**What is required**:
Could you write out the lines below exactly, beginning with the first and finishing with the one that contains "stepped. MatchBool stepped"?
• • •
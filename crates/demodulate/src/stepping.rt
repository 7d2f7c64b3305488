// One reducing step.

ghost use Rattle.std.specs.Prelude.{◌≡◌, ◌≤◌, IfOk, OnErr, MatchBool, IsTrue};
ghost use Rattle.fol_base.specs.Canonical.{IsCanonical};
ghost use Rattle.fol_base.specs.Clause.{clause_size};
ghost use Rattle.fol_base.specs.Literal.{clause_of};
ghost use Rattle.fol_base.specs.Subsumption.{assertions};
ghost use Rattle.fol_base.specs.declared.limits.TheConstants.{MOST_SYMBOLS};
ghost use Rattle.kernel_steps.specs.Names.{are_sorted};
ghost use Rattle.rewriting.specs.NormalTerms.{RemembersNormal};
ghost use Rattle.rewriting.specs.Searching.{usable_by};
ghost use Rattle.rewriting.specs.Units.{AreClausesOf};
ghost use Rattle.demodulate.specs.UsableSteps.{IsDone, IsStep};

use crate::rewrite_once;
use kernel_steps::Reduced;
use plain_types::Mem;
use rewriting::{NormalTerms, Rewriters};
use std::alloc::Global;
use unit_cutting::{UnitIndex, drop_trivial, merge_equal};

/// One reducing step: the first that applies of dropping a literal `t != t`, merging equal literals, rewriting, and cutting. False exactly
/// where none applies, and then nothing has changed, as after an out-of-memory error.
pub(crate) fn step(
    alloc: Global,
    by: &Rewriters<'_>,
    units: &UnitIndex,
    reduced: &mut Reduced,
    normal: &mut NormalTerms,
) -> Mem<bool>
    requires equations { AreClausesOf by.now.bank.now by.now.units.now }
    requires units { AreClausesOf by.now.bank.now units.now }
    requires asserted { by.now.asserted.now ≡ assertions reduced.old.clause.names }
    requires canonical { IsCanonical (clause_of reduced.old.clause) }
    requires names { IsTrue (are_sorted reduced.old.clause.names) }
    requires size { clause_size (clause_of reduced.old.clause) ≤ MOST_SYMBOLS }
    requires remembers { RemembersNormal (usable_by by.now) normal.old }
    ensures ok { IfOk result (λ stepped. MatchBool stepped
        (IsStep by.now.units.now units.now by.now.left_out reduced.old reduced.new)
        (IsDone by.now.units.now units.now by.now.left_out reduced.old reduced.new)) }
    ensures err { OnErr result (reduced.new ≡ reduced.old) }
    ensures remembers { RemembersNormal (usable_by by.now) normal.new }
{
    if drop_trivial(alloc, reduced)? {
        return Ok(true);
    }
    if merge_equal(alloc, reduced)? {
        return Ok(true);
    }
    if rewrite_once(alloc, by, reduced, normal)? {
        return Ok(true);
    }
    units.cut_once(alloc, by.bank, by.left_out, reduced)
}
• • •
**Result for this task**:
filename crates/demodulate/src/stepping.rt
repository 7d2f7c64b3305488
// One reducing step.

ghost use Rattle.std.specs.Prelude.{◌≡◌, ◌≤◌, IfOk, OnErr, MatchBool, IsTrue};
ghost use Rattle.fol_base.specs.Canonical.{IsCanonical};
ghost use Rattle.fol_base.specs.Clause.{clause_size};
ghost use Rattle.fol_base.specs.Literal.{clause_of};
ghost use Rattle.fol_base.specs.Subsumption.{assertions};
ghost use Rattle.fol_base.specs.declared.limits.TheConstants.{MOST_SYMBOLS};
ghost use Rattle.kernel_steps.specs.Names.{are_sorted};
ghost use Rattle.rewriting.specs.NormalTerms.{RemembersNormal};
ghost use Rattle.rewriting.specs.Searching.{usable_by};
ghost use Rattle.rewriting.specs.Units.{AreClausesOf};
ghost use Rattle.demodulate.specs.UsableSteps.{IsDone, IsStep};

use crate::rewrite_once;
use kernel_steps::Reduced;
use plain_types::Mem;
use rewriting::{NormalTerms, Rewriters};
use std::alloc::Global;
use unit_cutting::{UnitIndex, drop_trivial, merge_equal};

/// One reducing step: the first that applies of dropping a literal `t != t`, merging equal literals, rewriting, and cutting. False exactly
/// where none applies, and then nothing has changed, as after an out-of-memory error.
pub(crate) fn step(
    alloc: Global,
    by: &Rewriters<'_>,
    units: &UnitIndex,
    reduced: &mut Reduced,
    normal: &mut NormalTerms,
) -> Mem<bool>
    requires equations { AreClausesOf by.now.bank.now by.now.units.now }
    requires units { AreClausesOf by.now.bank.now units.now }
    requires asserted { by.now.asserted.now ≡ assertions reduced.old.clause.names }
    requires canonical { IsCanonical (clause_of reduced.old.clause) }
    requires names { IsTrue (are_sorted reduced.old.clause.names) }
    requires size { clause_size (clause_of reduced.old.clause) ≤ MOST_SYMBOLS }
    requires remembers { RemembersNormal (usable_by by.now) normal.old }
    ensures ok { IfOk result (λ stepped. MatchBool stepped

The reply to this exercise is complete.